Agarré mi destartalada maleta y respiré profundamente, absorbiendo el viciado aire del vehículo, un aire que sabía que venía de mi tierra y ya no podría volver a respirar. La estructura de la maleta tembló de terror al saltar el último escalón del autobús y yo temí que tuviese que cargar con ella, pero las ruedas resistieron el asalto. Así me sentía yo, con miedo a que algo saliese mal, alguna pequeña cosa que me devolviese a la realidad y derrumbase aquél muro emocional que parecía haber alzado.
El sol había desaparecido hace horas, la placa se lo había comido, pero un leve resplandor asomaba por el sector siete. A nadie le gustaba aquél meteorito, pero yo lo odiaba. Lo odiaba por odiar algo, lo odiaba porque todo pareció empezar a salir mal desde que apareció, como una cuchilla circular que corta sin tocar, con herida profunda y sal.
Una anciana de pelo blanco y alborotado, que estuvo todo el viaje durmiendo, me cogió del brazo y me miró con ojos confundidos.
-perdona chico, ¿No sabrás cómo se va a al Mercado Muro ese?-Los surcos de su cara se movían con vida propia a cada movimiento de la mandíbula como un océano de arena.
-Lo siento, nunca he venido a Midgar- me excusé con cierta aspereza.
-Oh, vaya… ¿De Costa del Sol, verdad?-yo asentí- Se nota por el moreno… Y tienes unos ojos marrones de lo más bonitos. Yo vengo de Ciudad Cohete…
-Disculpe, pero tengo que irme- la dije con disimulada prisa.
En parte tenía razón, pero estaba claro que aquella mujer pretendía contarme toda la vida de cada uno de sus nietos.
Comencé a caminar entre grises paredes y sucias aceras, todas ellas con la etiqueta de “ciudad evolucionada”. Algún día volveré Max, dijo mi padre cuando se marchó de Costa del Sol. Pero nunca volvió, se quedó entre humos de coches y placas en el cielo hasta que se le vinieron encima, con todo el peso de la ciudad que no deja de devorarse a sí misma.

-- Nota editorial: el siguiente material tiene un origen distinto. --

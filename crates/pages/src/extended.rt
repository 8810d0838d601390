//! A log with lines after it.

ghost use Rattle.std.specs.Prelude.{◌≡◌, ◌++◌, length, slice_get};
ghost use Rattle.std.specs.Option.{option_map};

use crate::log::Log;
use refutations::{Line, LineList};

/// The lines of a log and then those of a slice, none of which is moved or copied: what a line is
/// checked against before it is appended.
#[derive(Clone, Copy)]
pub struct Extended<'a> {
    /// The lines that come first.
    pub log: &'a Log,
    /// The lines after them.
    pub more: &'a [Line],
}

impl<'a> LineList for Extended<'a> {
    ghost lines = { λ list. list.log.now ++ list.more.now };

    fn len(&self) -> usize {
        self.log.len() + self.more.len()
    }

    fn get(&self, place: usize) -> Option<&Line> {
        let before = self.log.len();
        if place < before {
            return self.log.get(place);
        }
        self.more.get(place - before)
    }
}
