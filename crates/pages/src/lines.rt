//! Lines that a log hands out.

ghost use Rattle.std.specs.Prelude.{◌≡◌, ◌<◌, ◌^◌, drop, length, IfOk, slice_get};
ghost use Rattle.std.specs.Option.{option_map};

use crate::counted::{Counted, CountedList, all_counted};
use crate::log::{Log, paged};
use crate::page::LINES_PER_PAGE;
use refutations::{Line, LineList};
use std::alloc::{AllocError, Global};
use std::marker::Model;

/// A list of proof lines that doesn't change. Its full pages may be shared with a log and with
/// other lists; it may begin within the first of them.
#[derive(Debug, Drop)]
pub struct Lines {
    log: Log,
    from: usize,
}

impl Model for Lines {
    ghost use Rattle.std.specs.Prelude.{List, drop, ◌<◌};
    ghost use Rattle.refutations.specs.Proofs.{ProofLine};
    ghost use Rattle.pages.specs.declared.page.TheConstants.{LINES_PER_PAGE};

    ghost Value = { List ProofLine };

    ghost view = { λ lines. drop lines.from lines.log };

    ghost invariant = { λ lines. lines.from < LINES_PER_PAGE };
}

impl Lines {
    /// The lines of the log after the first `from` ones, which stand in one page.
    pub(crate) fn make(log: Log, from: usize) -> Lines
        requires { from < LINES_PER_PAGE }
        ensures { result ≡ drop from log }
    {
        Lines { log, from }
    }

    /// The log of which these are the lines after the first ones, which stand in one page, and how
    /// many those are.
    pub(crate) fn parts(&self) -> (&Log, usize)
        ensures same { self.now ≡ drop result.1 result.0.now }
        ensures few { result.1 < 256 }
    {
        (&self.log, self.from)
    }

    /// The list of these lines, of which none is copied.
    pub fn from_vec(alloc: Global, lines: Vec<Line>) -> Result<Lines, AllocError>
        ensures { IfOk result (λ made. made ≡ lines.items) }
    {
        let log = paged(alloc, all_counted(alloc, lines)?)?;
        Ok(Lines { log, from: 0 })
    }

    /// How many lines there are. Takes no memory.
    pub fn len(&self) -> usize
        ensures same { result ≡ length self.now }
        ensures small { result < 2 ^ 63 }
    {
        self.log.len().saturating_sub(self.from)
    }

    /// The line at this place, counted from 0, in constant time and without memory; there is none
    /// from the length on.
    pub fn get(&self, place: usize) -> Option<&Line>
        ensures { option_map (λ line. line.now) result ≡ slice_get self.now place }
    {
        match self.held_at(place) {
            Some(held) => Some(held.line()),
            None => None,
        }
    }

    /// The line at this place, as it is kept; there is none from the length on.
    pub(crate) fn held_at(&self, place: usize) -> Option<&Counted>
        ensures { option_map (λ line. line.now) result ≡ slice_get self.now place }
    {
        if place >= self.len() {
            return None;
        }
        self.log.held_at(self.from + place)
    }
}

impl CountedList for Lines {
    ghost lines = { λ list. list };

    fn held_at(&self, place: usize) -> Option<&Counted> {
        self.held_at(place)
    }
}

impl LineList for Lines {
    ghost lines = { λ list. list };

    fn len(&self) -> usize {
        self.len()
    }

    fn get(&self, place: usize) -> Option<&Line> {
        self.get(place)
    }
}
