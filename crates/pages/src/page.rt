//! Shared pages.

ghost use Rattle.std.specs.Prelude.{◌≡◌, ◌≤◌, ◌++◌, [], drop, length, IfOk, IfErr, OnOk, OnErr, slice_get};
ghost use Rattle.std.specs.Option.{option_map};

use crate::counted::{Counted, all_lines};
use refutations::Line;
use std::alloc::{AllocError, Global};
use std::marker::Model;
use std::mem;
use std::sync::Arc;

/// How many lines a full page has.
pub(crate) const LINES_PER_PAGE: usize = 256;

/// Lines that several owners may share.
#[derive(Debug, Drop)]
pub(crate) struct Page {
    lines: Arc<Vec<Counted>>,
}

impl Model for Page {
    ghost use Rattle.std.specs.Prelude.{List};
    ghost use Rattle.std.specs.Arc.{arc_value};
    ghost use Rattle.refutations.specs.Proofs.{ProofLine};

    ghost Value = { List ProofLine };

    ghost view = { λ page. (arc_value page.lines).items };
}

impl Page {
    /// A page of these lines, which come back where memory runs out.
    pub(crate) fn new(alloc: Global, lines: Vec<Counted>) -> Result<Page, Vec<Counted>>
        ensures made { IfOk result (λ page. page ≡ lines.items) }
        ensures back { IfErr result (λ back. back ≡ lines) }
    {
        match Arc::new(alloc, lines) {
            Ok(lines) => Ok(Page { lines }),
            Err(failed) => Err(failed.value),
        }
    }

    /// The line at this place of the page.
    pub(crate) fn get(&self, place: usize) -> Option<&Counted>
        ensures { option_map (λ line. line.now) result ≡ slice_get self.now place }
    {
        self.lines.get(place)
    }

    /// The lines of the page. Those that nobody else has are moved out, and others copied.
    pub(crate) fn into_lines(self, alloc: Global) -> Result<Vec<Line>, AllocError>
        ensures { IfOk result (λ lines. lines.items ≡ self) }
    {
        match Arc::try_unwrap(self.lines) {
            Ok(lines) => all_lines(alloc, lines),
            Err(shared) => all_lines(alloc, copied(alloc, &shared, 0)?),
        }
    }

    /// The same page once more. Copies no line.
    pub(crate) fn share(&self) -> Result<Page, AllocError>
        ensures { IfOk result (λ page. page ≡ self.now) }
    {
        let lines = Arc::try_clone(&self.lines)?;
        Ok(Page { lines })
    }
}

/// The page of these lines and the others after them, both of which are moved out. Where memory
/// runs out, the first ones are put back.
pub(crate) fn page_of(
    alloc: Global,
    first: &mut Vec<Counted>,
    others: &mut Vec<Counted>,
) -> Result<Page, AllocError>
    ensures made { IfOk result (λ page. page ≡ first.old.items ++ others.old.items) }
    ensures moved { OnOk result (first.new.items ≡ []) }
    ensures unchanged { OnErr result (first.new.items ≡ first.old.items) }
{
    let before = first.len();
    first.reserve_exact(others.len())?;
    first.append(others)?;
    match Page::new(alloc, mem::replace(first, Vec::new(alloc))) {
        Ok(page) => Ok(page),
        Err(mut lines) => {
            lines.truncate(before);
            *first = lines;
            Err(AllocError)
        }
    }
}

/// The same pages once more, from this place on. Copies no line.
pub(crate) fn shared(alloc: Global, pages: &[Page], from: usize) -> Result<Vec<Page>, AllocError>
    requires { from ≤ length pages.now }
    ensures { IfOk result (λ shared. shared.items ≡ drop from pages.now) }
{
    let mut shared = Vec::new(alloc);
    for page in &pages[from..] {
        shared.push(page.share()?)?;
    }
    Ok(shared)
}

/// The same lines once more, from this place on. Copies nothing of them.
pub(crate) fn copied(
    alloc: Global,
    lines: &[Counted],
    from: usize,
) -> Result<Vec<Counted>, AllocError>
    requires { from ≤ length lines.now }
    ensures { IfOk result (λ copied. copied.items ≡ drop from lines.now) }
{
    let mut copied = Vec::with_capacity(alloc, lines.len() - from)?;
    for line in &lines[from..] {
        copied.push(line.share()?)?;
    }
    Ok(copied)
}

Yo no entendía nada. Me habían hablado alguna vez de Midgar y siempre me la imaginaba como un monstruo metálico, pero no me imaginaba a mi padre viviendo en ella. Y el hecho de que un marinero durante el viaje en mar me contase sólo cosas malas acrecentó mi repulsa hacia la ciudad. Que el sector siete lo destruyó Shinra me dijo… Era una idea tan descabellada que hasta podía tener sentido. Y mi padre justo paseando por allí ese día, qué suerte la suya… Y sería yo, meses después, el que me enteraría de que lo habían encontrado bajo una piedra, como los cangrejos.
-Pero mi padre no es un cangrejo- dije en voz alta al entrar en un conjunto de bloques de edificios- Mi padre nunca caminó hacia atrás.
Era cierto, nunca caminó hacia atrás, siempre hacia delante, dándolo todo de sí. Incluso marchó a Wutai llegado el momento, enviándonos dinero todos los meses. Y así se lo agradeció la ciudad que le atrapó durante quince años, con una parte de ella abriéndole el cráneo y aplastándole el pecho.
Yo tenía ahora treinta y dos y ni siquiera le vi la noche que se marchó, de puntillas para que no me despertara, el día que cumplía los diecisiete.
Metí la mano en mi abrigo marrón y saqué un sobre arrugado, en el que figuraba, con letra fina y estirada, mi nombre y apellidos. Una pequeña llave cayó entre los dedos de mi mano izquierda, fría e impasible, dispuesta a abrir la puerta a un nuevo inquilino y, sin embargo, sin cambiar a su antiguo dueño. Me quedé inmóvil, como si no supiese cómo se utilizaba aquél objeto, pensando en lo que significaba, temiendo encontrar dentro lo que no veía hace tanto tiempo.
Un joven rubio pasó con aire distraído por la calle con ropa de lo más extraña. Incluso llevaba un esqueleto metálico cosido a la espalda. Esqueletos maquillados, pensé, eso es lo que son la gente de esta ciudad.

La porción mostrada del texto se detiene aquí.